Briefly, octopy and mincemeatpy are python implementations of map-reduce (light-weight), and clients can join the cluster in ad-hoc manner without requiring any installations (Of-course, except python). Here are the project details OCTOPY and Mincemeatpy.
The problem with these is they need to hold the entire data in-memory (including intermediate key-value pairs). So even for a moderate size data, they throw out of memory exceptions.
The key-reasons I'm using them are:
Python.
No cluster installation required.
I just prototype, and I can directly port the algorithm once I'm ready.
So my question is: Is there any package which handles the same stuff, but not just in-memory (which can handle moderate size data) ?
Try PyMapReduce. It runs on your own machine, but on several processes - so you don't need to build up master-node architecture and it have plenty of runners, for example DiskBasedRunner, which seems to store map data to temp files and after reduces them.
Suppose that one is interested to write a python app where there should be communication between different processes. The communications will be done by sending strings and/or numpy arrays.
What are the considerations to prefer OpenMPI vs. a tool like RabbitMQ?
There is no single correct answer to such question. It all depends on a big number of different factors. For example:
What kind of communications do you have? Are you sending large packets or small packets, do you need good bandwidth or low latency?
What kind of delivery guarantees do you need?
OpenMPI can instantly deliver messages only to a running process, while different MQ solutions can queue messages and allow fancy producer-consumer configurations.
What kind of network do you have? If you are running on the localhost, something like ZeroMQ would probably be the fastest. If you are running on the set of hosts, depends on the interconnections available. E.g. OpenMPI can utilize infiniband/mirynet links.
What kind of processing are you doing? With MPI all processes are usually started at the same time, do the processing and terminate all at once.
This is exactly the scenario I was in a few months ago and I decided to use AMQP with RabbitMQ using topic exchanges, in addition to memcache for large objects.
The AMQP messages are all strings, in JSON object format so that it is easy to add attributes to a message (like number of retries) and republish it. JSON objects are a subset of JSON that correspond to Python dicts. For instance {"recordid": "272727"} is a JSON object with one attribute. I could have just pickled a Python dict but that would have locked us into only using Python with the message queues.
The large objects don't get routed by AMQP, instead they go into a memcache where they are available for another process to retrieve them. You could just as well use Redis or Tokyo Tyrant for this job. The idea is that we did not want short messages to get queued behind large objects.

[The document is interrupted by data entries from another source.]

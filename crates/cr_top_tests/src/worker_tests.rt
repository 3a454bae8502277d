//! What no clause says: that workers search side by side, with ample memory.

use crate::stop_tests::{ALL_DOUBLES, DOUBLES, MINIMUS, checkpoint};
use crate::test_calls::{answered, check, words_of};
use cr_io::{SureSink, SureSource};
use cr_top::{Gate, ringsearch};
use std::sync::atomic::Ordering::SeqCst;
use std::sync::atomic::{AtomicBool, AtomicU64};
use std::test::Fail;

const ALL_MINIMUS: &str = "24 ppp\ntouches 1\n";

// How many workers and after how many turns a search of which problem, the status, and the book.
const TOGETHER: &[(&str, &str, &str, u8, &str)] = &[
    (DOUBLES, "1", "32", 0, ALL_DOUBLES),
    (DOUBLES, "2", "32", 0, ALL_DOUBLES),
    (DOUBLES, "16", "32", 0, ALL_DOUBLES),
    (DOUBLES, "64", "5000", 0, ALL_DOUBLES),
    (DOUBLES, "3", "31", 3, ALL_DOUBLES),
    (MINIMUS, "1", "3", 3, ALL_MINIMUS),
    (MINIMUS, "4", "3", 3, ALL_MINIMUS),
    (MINIMUS, "1", "4", 0, ALL_MINIMUS),
    (MINIMUS, "4", "4", 0, ALL_MINIMUS),
];

#[test]
fn workers_search_together(rt: HostRuntime) -> Result<(), Fail> {
    for &(problem, workers, turns, code, book) in TOGETHER {
        let (ended, mut text) = answered(
            &rt,
            &["--workers", workers, "--turns", turns],
            problem.as_bytes(),
        )?;
        check(workers, ended == code)?;
        if code == 3 {
            (_, text) = answered(&rt, &["--workers", workers], &text)?;
        }
        check(turns, text.as_slice() == book.as_bytes())?;
    }
    Ok(())
}

// Six bells have 720 rows, so no touch is longer. A search that took every turn would take hours.
const TOO_LONG: &str =
    "stage = 6\n[[method]]\nletter = \"A\"\nnotation = \"x16x16x16,12\"\n[[call]]\nmark = \"b\"\nnotation = \"14\"\n[query]\nmin = 1250\nmax = 1300\n";

#[test]
fn a_search_that_looks_ahead(rt: HostRuntime) -> Result<(), Fail> {
    for workers in ["1", "4"] {
        let (ended, text) = answered(&rt, &["--workers", workers], TOO_LONG.as_bytes())?;
        check("the status", ended == 0)?;
        check("the book", text.as_slice() == "touches 0\n".as_bytes())?;
    }
    Ok(())
}

// A gate whose first guest waits until a second one has come, for so many turns of a loop at most.
#[derive(Drop)]
struct Meeting {
    entered: AtomicU64,
    met: AtomicBool,
}

impl Gate for Meeting {
    fn enter(&self) {
        if self.entered.fetch_add(1, SeqCst) == 0 {
            for _turn in 0..1_000_000_000 {
                if self.entered.load(SeqCst) > 1 {
                    self.met.store(true, SeqCst);
                    break;
                }
            }
        }
    }
}

#[test]
fn two_workers_are_inside_at_once(rt: HostRuntime) -> Result<(), Fail> {
    let alloc = rt.alloc();
    let input = checkpoint(alloc, "2", "found 0\njobs 2\njob 1\n0 b\njob 1\n0 p\nend\n")?;
    let words = words_of(alloc, &["--workers", "2"])?;
    let gate = Meeting {
        entered: AtomicU64::new(0),
        met: AtomicBool::new(false),
    };
    let mut source = SureSource::new(input.as_bytes().to_vec(alloc)?);
    let mut sink = SureSink::new(alloc);
    let mut notes = SureSink::new(alloc);
    let status = ringsearch(&rt, &words, &mut source, &mut sink, &mut notes, &gate);
    let have_met = gate.met.load(SeqCst) && gate.entered.load(SeqCst) == 2;
    let has_book = status.code() == 0 && sink.bytes() == Some(ALL_DOUBLES.as_bytes());
    check("meeting", have_met && has_book)
}
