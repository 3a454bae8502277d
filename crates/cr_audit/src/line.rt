//! Lines of a log.

use crate::verdict::Verdict;
use std::marker::Model;

/// A line of a log: a node, as its step numbers, and the verdict on it.
#[derive(Drop)]
pub struct LogLine {
    pub node: Vec<u8>,
    pub verdict: Verdict,
}

impl Model for LogLine {
    ghost use Rattle.cr_audit.specs.Logs.{LineParts};

    ghost Value = { LineParts };

    ghost view = { λ line. record { node = line.node.items; verdict = line.verdict } };
}
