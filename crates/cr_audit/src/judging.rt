//! Which verdicts hold of a node.

ghost use Rattle.std.specs.Prelude.{◌≡◌, ◌-◌, ◌/◌, ◌<◌, ◌≤◌, ◌^◌, pos, int_lt, length, take, drop};
ghost use Rattle.std.specs.Cmp.Lexicographic.{slice_cmp};
ghost use Rattle.std.specs.Ordering.{nat_cmp, is_lt};
ghost use Rattle.cr_model.specs.Callings.{rows_of};
ghost use Rattle.cr_model.specs.Dead.{leads_left, is_long, turn_free};
ghost use Rattle.cr_model.specs.Queries.{rows_fitting};
ghost use Rattle.cr_model.specs.Right.{pattern_at};
ghost use Rattle.cr_audit.specs.Paths.{IsAt};
ghost use Rattle.cr_audit.specs.Verdicts.{is_valid, is_again_at, is_round_at, has_too_many, has_too_few, turns_back_at, holds_verdict};
ghost use Rattle.cr_audit.specs.declared.verdict.Item.TheVariants as item;

use crate::counting::{lettered, marked};
use crate::fitting::{fitting_before, fitting_rung};
use crate::limits::{exceeds, falls_short, in_parts, is_above_com, is_below_com, with_joins};
use crate::path::{Path, last_changes, last_row};
use crate::places::{Size, goes_on_behind, has_place, has_room, left_of, row_at};
use crate::verdict::{Item, Verdict};
use cr_model::laws::a_test_decides_what_is_wanted;
use cr_model::{Com, Count, MethodCount, Pattern, Problem, Query};
use cr_row::{Row, change_of_a_row, rounds_is_neutral};

/// Whether a verdict holds of the path's node.
pub fn holds(problem: &Problem, path: &Path, why: Verdict) -> bool
    requires { IsAt problem.now path.now }
    ensures { result ≡ holds_verdict problem.now path.now.node.items why }
{
    match why {
        Verdict::Open => is_valid(problem, path),
        Verdict::Long => is_long(problem, path),
        Verdict::Again(first, again) => is_again(problem, path, first, again),
        Verdict::Home(place) => is_home(problem, path, place),
        Verdict::Many(item) => is_valid(problem, path) && has_too_many(problem, path, item),
        Verdict::Few(item) => is_valid(problem, path) && has_too_few(problem, path, item),
        Verdict::Back(step) => turns_back(problem, &path.node, step),
    }
}

// Whether the node is no longer than a part may be.
fn is_valid(problem: &Problem, path: &Path) -> bool
    requires { IsAt problem.now path.now }
    ensures { result ≡ is_valid problem.now path.now.node.items }
{
    a_test_decides_what_is_wanted();
    has_room(Size::of(problem, path), problem.part_cap())
}

fn is_long(problem: &Problem, path: &Path) -> bool
    requires { IsAt problem.now path.now }
    ensures { result ≡ is_long problem.now path.now.node.items }
{
    !has_room(Size::of(problem, path), problem.part_cap())
}

// Whether the rows at two places, the first before the second, are equal.
fn is_again(problem: &Problem, path: &Path, first: u64, again: u64) -> bool
    requires { IsAt problem.now path.now }
    ensures { result ≡ is_again_at problem.now path.now.node.items first again }
{
    first < again
        && has_place(Size::of(problem, path), again)
        && row_at(problem, path, first as usize) == row_at(problem, path, again as usize)
}

// Whether the row at a place is rounds, and comes too early.
fn is_home(problem: &Problem, path: &Path, place: u64) -> bool
    requires { IsAt problem.now path.now }
    ensures { result ≡ is_round_at problem.now path.now.node.items place }
{
    let size = Size::of(problem, path);
    has_place(size, place)
        && row_at(problem, path, place as usize) == Row::rounds(problem.stage())
        && (goes_on_behind(size, place) || 1 < problem.parts())
}

// Whether an item of the query has too many in the node.
fn has_too_many(problem: &Problem, path: &Path, item: Item) -> bool
    requires { IsAt problem.now path.now }
    ensures { result ≡ has_too_many problem.now path.now.node.items item }
{
    match item {
        Item::Count(index) => many_marked(problem, path, index),
        Item::Leads(index) => many_lettered(problem, path, index),
        Item::Rows(index) => many_rows(problem, path, index),
        Item::Com => many_changes(problem, path),
    }
}

fn many_marked(problem: &Problem, path: &Path, index: u64) -> bool
    requires { IsAt problem.now path.now }
    ensures { result ≡ has_too_many problem.now path.now.node.items (item.Count index) }
{
    let counts = counts_of(problem.query());
    if counts.len() as u64 <= index {
        return false;
    }
    let count = counts[index as usize];
    let number = u128::from(marked(problem, path, count.mark));
    exceeds(in_parts(problem.parts(), number), count.max)
}

fn many_lettered(problem: &Problem, path: &Path, index: u64) -> bool
    requires { IsAt problem.now path.now }
    ensures { result ≡ has_too_many problem.now path.now.node.items (item.Leads index) }
{
    let counts = method_counts_of(problem.query());
    if counts.len() as u64 <= index {
        return false;
    }
    let count = counts[index as usize];
    let number = u128::from(lettered(problem, path, count.letter));
    exceeds(in_parts(problem.parts(), number), count.max)
}

fn many_rows(problem: &Problem, path: &Path, index: u64) -> bool
    requires { IsAt problem.now path.now }
    ensures { result ≡ has_too_many problem.now path.now.node.items (item.Rows index) }
{
    let patterns = patterns_of(problem.query());
    if patterns.len() as u64 <= index {
        return false;
    }
    let index = index as usize;
    exceeds(
        fitting(problem, path, index),
        most_of(pattern_at(patterns, index)),
    )
}

/// The pattern at an index.
pub fn pattern_at(patterns: &[Pattern], index: usize) -> &Pattern
    requires { index < length patterns.now }
    ensures { result.now ≡ pattern_at patterns.now index }
{
    &patterns[index]
}

// How many rows of the node fit the pattern at an index.
fn fitting(problem: &Problem, path: &Path, index: usize) -> u128
    requires at { IsAt problem.now path.now }
    requires index { index < length problem.now.query.patterns }
    ensures is { result ≡ rows_fitting (pattern_at problem.now.query.patterns index).cells (rows_of problem.now path.now.node.items) }
    ensures few { result < 2 ^ 65 }
{
    change_of_a_row();
    rounds_is_neutral();
    let head = last_row(&path.rows, problem.stage());
    let pattern = pattern_at(patterns_of(problem.query()), index);
    let rung = fitting_rung(pattern, head, last_changes(problem, path));
    u128::from(fitting_before(problem, path, index)) + u128::from(rung)
}

fn most_of(pattern: &Pattern) -> i64
    ensures { result ≡ pattern.now.max }
{
    pattern.max
}

fn least_of(pattern: &Pattern) -> i64
    ensures { result ≡ pattern.now.min }
{
    pattern.min
}

fn many_changes(problem: &Problem, path: &Path) -> bool
    requires { IsAt problem.now path.now }
    ensures { result ≡ has_too_many problem.now path.now.node.items item.Com }
{
    let number = in_parts(problem.parts(), u128::from(path.changes));
    is_above_com(com_of(problem.query()), number)
}

// Whether an item of the query would have too few however the node goes on.
fn has_too_few(problem: &Problem, path: &Path, item: Item) -> bool
    requires { IsAt problem.now path.now }
    ensures { result ≡ has_too_few problem.now path.now.node.items item }
{
    match item {
        Item::Count(index) => few_marked(problem, path, index),
        Item::Leads(index) => few_lettered(problem, path, index),
        Item::Rows(index) => few_rows(problem, path, index),
        Item::Com => few_changes(problem, path),
    }
}

fn few_marked(problem: &Problem, path: &Path, index: u64) -> bool
    requires { IsAt problem.now path.now }
    ensures { result ≡ has_too_few problem.now path.now.node.items (item.Count index) }
{
    let counts = counts_of(problem.query());
    if counts.len() as u64 <= index {
        return false;
    }
    let count = counts[index as usize];
    let number = u128::from(marked(problem, path, count.mark));
    let most = number + u128::from(leads_left(problem, path));
    falls_short(in_parts(problem.parts(), most), count.min)
}

fn few_lettered(problem: &Problem, path: &Path, index: u64) -> bool
    requires { IsAt problem.now path.now }
    ensures { result ≡ has_too_few problem.now path.now.node.items (item.Leads index) }
{
    let counts = method_counts_of(problem.query());
    if counts.len() as u64 <= index {
        return false;
    }
    let count = counts[index as usize];
    let number = u128::from(lettered(problem, path, count.letter));
    let most = number + u128::from(leads_left(problem, path));
    falls_short(in_parts(problem.parts(), most), count.min)
}

fn few_rows(problem: &Problem, path: &Path, index: u64) -> bool
    requires { IsAt problem.now path.now }
    ensures { result ≡ has_too_few problem.now path.now.node.items (item.Rows index) }
{
    let patterns = patterns_of(problem.query());
    if patterns.len() as u64 <= index {
        return false;
    }
    let index = index as usize;
    let left = left_of(problem.cap(), Size::of(problem, path));
    let most = fitting(problem, path, index) + u128::from(left);
    falls_short(most, least_of(pattern_at(patterns, index)))
}

fn few_changes(problem: &Problem, path: &Path) -> bool
    requires { IsAt problem.now path.now }
    ensures { result ≡ has_too_few problem.now path.now.node.items item.Com }
{
    let most = u128::from(path.changes) + u128::from(leads_left(problem, path));
    is_below_com(com_of(problem.query()), with_joins(problem.parts(), most))
}

// How many leads are left in the part at most.
fn leads_left(problem: &Problem, path: &Path) -> u64
    requires { IsAt problem.now path.now }
    ensures { result ≡ leads_left problem.now path.now.node.items }
{
    let left = left_of(problem.part_cap(), Size::of(problem, path));
    leads_in(left, problem.shortest())
}

// How many leads of this length so many changes hold.
fn leads_in(changes: u64, length: u64) -> u64
    requires { 1 ≤ length }
    ensures { result ≡ changes / length }
{
    changes / length
}

// Whether the steps from one on are less than as many at the beginning, where that counts.
fn turns_back(problem: &Problem, node: &[u8], step: u64) -> bool
    ensures { result ≡ turns_back_at problem.now node.now step }
{
    is_turn_free(problem.query())
        && 0 < step
        && step < node.len() as u64
        && is_less_from(node, step as usize)
}

fn is_less_from(node: &[u8], step: usize) -> bool
    requires { step ≤ length node.now }
    ensures { result ≡ is_lt (slice_cmp nat_cmp (drop step node.now) (take (length node.now - step) node.now)) }
{
    node[step..].cmp(&node[..node.len() - step]).is_lt()
}

/// Whether there are no patterns and no limits on changes of method.
pub fn is_turn_free(query: &Query) -> bool
    ensures { result ≡ turn_free query.now }
{
    query.patterns.is_empty() && query.com.is_none()
}

/// The counts of marks of a query.
pub fn counts_of(query: &Query) -> &[Count]
    ensures { result.now ≡ query.now.counts }
{
    query.counts.as_slice()
}

/// The counts of methods of a query.
pub fn method_counts_of(query: &Query) -> &[MethodCount]
    ensures { result.now ≡ query.now.method_counts }
{
    query.method_counts.as_slice()
}

/// The patterns of a query.
pub fn patterns_of(query: &Query) -> &[Pattern]
    ensures { result.now ≡ query.now.patterns }
{
    query.patterns.as_slice()
}

/// The limits of a query on changes of method.
pub fn com_of(query: &Query) -> Option<Com>
    ensures { result ≡ query.now.com }
{
    query.com
}

/// The least length that a query asks for.
pub fn least_length(query: &Query) -> i64
    ensures { result ≡ query.now.min }
{
    query.min
}

/// Whether a length is below the least that a query asks for.
pub fn is_too_short(query: &Query, length: u128) -> bool
    ensures { result ≡ int_lt (pos length) query.now.min }
{
    falls_short(length, least_length(query))
}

In the end, my Python processes ended up using both AMQP and ZeroMQ for two different aspects of the architecture. You may find that it makes sense to use both OpenMPI and AMQP but for different types of jobs.
In my case, a supervisor process runs forever, starts a whole flock of worker who also run forever unless they die or hang, in which case the supervisor restarts them. The work constantly flows in as messages via AMQP, and each process handles just one step of the work, so that when we identify a bottleneck we can have multiple instances of the process, possibly on separate machines, to remove the bottleneck. In my case, I have 15 instances of one process, 4 of two others, and about 8 other single instances.